● **Your goal**: Copy out all of the entries, keeping every word the same.

● **The data**:
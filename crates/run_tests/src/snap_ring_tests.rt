//! Snapshots of a program that stores one word and then stands in a loop.

ghost use Rattle.std.specs.Prelude.{◌≡◌, ◌≤◌, ◌<◌};

use lane_look::{Marks, NoDevice};
use pin_script::read_script;
use rp_machine::{Machine, Steps, World};
use snap_ring::Ring;
use std::alloc::Global;
use std::marker::Brand;
use std::sync::ledger::{Blank, Ledger};
use std::test::Fail;
use uf2_image::read_image;

/// LDR of the address 20000100, a store to it, a branch to itself.
const STORES_ONCE: [u16; 6] = [0x4801, 0x6000, 0xe7fe, 0x0000, 0x0100, 0x2000];

/// The UF2 block of the program, loaded at 20000000.
fn block() -> [u8; 512] {
    let mut bytes = [0u8; 512];
    let words = [
        0x0a32_4655,
        0x9e5d_5157,
        0x2000,
        0x2000_0000,
        12,
        0,
        1,
        0xe48b_ff56u32,
    ];
    for (index, word) in words.iter().enumerate() {
        bytes[4 * index..4 * index + 4].copy_from_slice(&word.to_le_bytes());
    }
    for (index, half) in STORES_ONCE.iter().enumerate() {
        bytes[32 + 2 * index..34 + 2 * index].copy_from_slice(&half.to_le_bytes());
    }
    bytes[508..512].copy_from_slice(&u32::to_le_bytes(0x0ab1_6f30));
    bytes
}

/// Runs a machine up to a cycle.
fn run_to<L: Ledger>(
    machine: &mut Machine,
    world: &World<'_, NoDevice>,
    steps: &mut Steps<L>,
    cycle: u64,
) {
    let mut marks = Marks::new();
    for _ in machine.number()..cycle {
        if machine.number() <= world.limit {
            let _ = machine.cycle(world, &mut marks, steps);
        }
    }
}

/// What is done to a ring and its machine, or seen of them.
#[derive(Clone, Copy)]
enum Deed {
    /// The machine runs up to a cycle.
    RunsTo(u64),
    /// Whether the ring keeps the machine.
    Keeps(bool),
    /// Whether the machine goes back to a cycle.
    Restores(u64, bool),
    /// Nothing is kept within one spacing.
    IsEmpty,
    /// How many pages are stored.
    Stores(u32),
    /// The nearest cycle that is kept.
    Nearest(u64, Option<u64>),
    /// The cycle of the machine, and the word that the program stores.
    Shows(u64, u32),
}

/// Keeps the machine at 0, 4095, 4096 (twice) and 8192, goes back to 8191, 4096 and 0, and keeps it there.
const DEEDS: [Deed; 19] = [
    Deed::IsEmpty,
    Deed::Keeps(true),
    Deed::Stores(264),
    Deed::RunsTo(4095),
    Deed::Keeps(false),
    Deed::RunsTo(4096),
    Deed::Keeps(true),
    Deed::Keeps(false),
    Deed::RunsTo(8192),
    Deed::Keeps(true),
    Deed::Stores(265),
    Deed::Nearest(8191, Some(4096)),
    Deed::Restores(8191, false),
    Deed::Shows(8192, 0x2000_0100),
    Deed::Restores(4096, true),
    Deed::Shows(4096, 0x2000_0100),
    Deed::Restores(0, true),
    Deed::Keeps(false),
    Deed::Shows(0, 0),
];

/// What is done.
fn acts<L: Ledger>(
    ring: &mut Ring,
    machine: &mut Machine,
    world: &World<'_, NoDevice>,
    steps: &mut Steps<L>,
    deed: &Deed,
) -> bool {
    match *deed {
        Deed::RunsTo(cycle) => {
            run_to(machine, world, steps, cycle);
            true
        }
        Deed::Keeps(kept) => ring.keep(machine) == kept,
        Deed::Restores(cycle, restored) => ring.restore(cycle, machine) == restored,
        _ => true,
    }
}

/// What is seen.
fn shows(ring: &Ring, machine: &Machine, deed: &Deed) -> bool {
    match *deed {
        Deed::IsEmpty => ring.nearest(ring.spacing()).is_none(),
        Deed::Stores(count) => ring.stored() == count,
        Deed::Nearest(cycle, nearest) => ring.nearest(cycle) == nearest,
        Deed::Shows(cycle, word) => {
            machine.number() == cycle && machine.word(0x2000_0100) == Some(word)
        }
        _ => true,
    }
}

/// The first deed that is not so of a machine and a new ring.
fn first_wrong<L: Ledger>(
    alloc: Global,
    machine: &mut Machine,
    world: &World<'_, NoDevice>,
    steps: &mut Steps<L>,
) -> Result<Option<usize>, Fail>
    requires { world.now.limit ≤ 1000000000 }
{
    let mut ring = Ring::new(alloc, machine, world.limit)?;
    for (index, deed) in DEEDS.iter().enumerate() {
        if !acts(&mut ring, machine, world, steps, deed) || !shows(&ring, machine, deed) {
            return Ok(Some(index));
        }
    }
    Ok(None)
}

/// The machine of the program.
fn machine_of(alloc: Global, world: &World<'_, NoDevice>) -> Result<Machine, Fail> {
    let image = read_image(alloc, &block())?;
    Ok(Machine::boot(alloc, &image, &[], world)?)
}

/// The first deed that is not so of the program.
fn keeps_three<L: Ledger>(alloc: Global, blank: Blank) -> Result<Option<usize>, Fail>
    requires name { blank.name ≡ L.name }
    requires parts { blank.parts ≡ L.parts }
    requires some { 0 < blank.parts }
{
    let (book, share) = blank.open::<L>();
    let mut steps = Steps::new(book, share);
    let script = read_script(alloc, b"")?;
    let world = World {
        script: &script,
        device: &NoDevice,
        limit: 10_000,
    };
    let mut machine = machine_of(alloc, &world)?;
    first_wrong(alloc, &mut machine, &world, &mut steps)
}

#[test]
fn three_are_kept(rt: HostRuntime) -> Result<(), Fail> {
    let wrong = keeps_three::<Brand>(rt.alloc(), Blank::new(1))?;
    assert_eq!(rt; wrong, None);
    Ok(())
}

● **Output**:
filename crates/run_tests/src/snap_ring_tests.rt
//! Snapshots of a program that stores one word and then stands in a loop.

ghost use Rattle.std.specs.Prelude.{◌≡◌, ◌≤◌, ◌<◌};

use lane_look::{Marks, NoDevice};
use pin_script::read_script;
use rp_machine::{Machine, Steps, World};
use snap_ring::Ring;
use std::alloc::Global;
use std::marker::Brand;
use std::sync::ledger::{Blank, Ledger};
use std::test::Fail;
use uf2_image::read_image;

/// LDR of the address 20000100, a store to it, a branch to itself.
const STORES_ONCE: [u16; 6] = [0x4801, 0x6000, 0xe7fe, 0x0000, 0x0100, 0x2000];

/// The UF2 block of the program, loaded at 20000000.
fn block() -> [u8; 512] {
    let mut bytes = [0u8; 512];
    let words = [
        0x0a32_4655,
        0x9e5d_5157,
        0x2000,
        0x2000_0000,
        12,
        0,
        1,
        0xe48b_ff56u32,
    ];
    for (index, word) in words.iter().enumerate() {
        bytes[4 * index..4 * index + 4].copy_from_slice(&word.to_le_bytes());
    }
    for (index, half) in STORES_ONCE.iter().enumerate() {
        bytes[32 + 2 * index..34 + 2 * index].copy_from_slice(&half.to_le_bytes());
    }
    bytes[508..512].copy_from_slice(&u32::to_le_bytes(0x0ab1_6f30));
    bytes
}

/// Runs a machine up to a cycle.
fn run_to<L: Ledger>(
    machine: &mut Machine,
    world: &World<'_, NoDevice>,
    steps: &mut Steps<L>,
    cycle: u64,
) {
    let mut marks = Marks::new();
    for _ in machine.number()..cycle {
        if machine.number() <= world.limit {
            let _ = machine.cycle(world, &mut marks, steps);
        }
    }
}

/// What is done to a ring and its machine, or seen of them.
#[derive(Clone, Copy)]
enum Deed {
    /// The machine runs up to a cycle.
    RunsTo(u64),
    /// Whether the ring keeps the machine.
    Keeps(bool),
    /// Whether the machine goes back to a cycle.
    Restores(u64, bool),
    /// Nothing is kept within one spacing.
    IsEmpty,
    /// How many pages are stored.
    Stores(u32),
    /// The nearest cycle that is kept.
    Nearest(u64, Option<u64>),
    /// The cycle of the machine, and the word that the program stores.
    Shows(u64, u32),
}

/// Keeps the machine at 0, 4095, 4096 (twice) and 8192, goes back to 8191, 4096 and 0, and keeps it there.
const DEEDS: [Deed; 19] = [
    Deed::IsEmpty,
    Deed::Keeps(true),
    Deed::Stores(264),
    Deed::RunsTo(4095),
    Deed::Keeps(false),
    Deed::RunsTo(4096),
    Deed::Keeps(true),
    Deed::Keeps(false),
    Deed::RunsTo(8192),
    Deed::Keeps(true),
    Deed::Stores(265),
    Deed::Nearest(8191, Some(4096)),
    Deed::Restores(8191, false),
    Deed::Shows(8192, 0x2000_0100),
    Deed::Restores(4096, true),
    Deed::Shows(4096, 0x2000_0100),
    Deed::Restores(0, true),
    Deed::Keeps(false),
    Deed::Shows(0, 0),
];

/// What is done.
fn acts<L: Ledger>(
    ring: &mut Ring,
    machine: &mut Machine,
    world: &World<'_, NoDevice>,
    steps: &mut Steps<L>,
    deed: &Deed,
) -> bool {
    match *deed {
        Deed::RunsTo(cycle) => {
            run_to(machine, world, steps, cycle);
            true
        }
        Deed::Keeps(kept) => ring.keep(machine) == kept,
        Deed::Restores(cycle, restored) => ring.restore(cycle, machine) == restored,
        _ => true,
    }
}

/// What is seen.
fn shows(ring: &Ring, machine: &Machine, deed: &Deed) -> bool {
    match *deed {
        Deed::IsEmpty => ring.nearest(ring.spacing()).is_none(),
        Deed::Stores(count) => ring.stored() == count,
        Deed::Nearest(cycle, nearest) => ring.nearest(cycle) == nearest,
        Deed::Shows(cycle, word) => {
            machine.number() == cycle && machine.word(0x2000_0100) == Some(word)
        }
        _ => true,
    }
}

/// The first deed that is not so of a machine and a new ring.
fn first_wrong<L: Ledger>(
    alloc: Global,
    machine: &mut Machine,
    world: &World<'_, NoDevice>,
    steps: &mut Steps<L>,
) -> Result<Option<usize>, Fail>
    requires { world.now.limit ≤ 1000000000 }
{
    let mut ring = Ring::new(alloc, machine, world.limit)?;
    for (index, deed) in DEEDS.iter().enumerate() {
        if !acts(&mut ring, machine, world, steps, deed) || !shows(&ring, machine, deed) {
            return Ok(Some(index));
        }
    }
    Ok(None)
}

/// The machine of the program.
fn machine_of(alloc: Global, world: &World<'_, NoDevice>) -> Result<Machine, Fail> {
    let image = read_image(alloc, &block())?;
    Ok(Machine::boot(alloc, &image, &[], world)?)
}

/// The first deed that is not so of the program.
fn keeps_three<L: Ledger>(alloc: Global, blank: Blank) -> Result<Option<usize>, Fail>
    requires name { blank.name ≡ L.name }
    requires parts { blank.parts ≡ L.parts }
    requires some { 0 < blank.parts }
{
    let (book, share) = blank.open::<L>();
    let mut steps = Steps::new(book, share);
    let script = read_script(alloc, b"")?;
    let world = World {
        script: &script,
        device: &NoDevice,
        limit: 10_000,
    };
    let mut machine = machine_of(alloc, &world)?;
    first_wrong(alloc, &mut machine, &world, &mut steps)
}

#[test]
fn three_are_kept(rt: HostRuntime) -> Result<(), Fail> {
    let wrong = keeps_three::<Brand>(rt.alloc(), Blank::new(1))?;
    assert_eq!(rt; wrong, None);
    Ok(())
}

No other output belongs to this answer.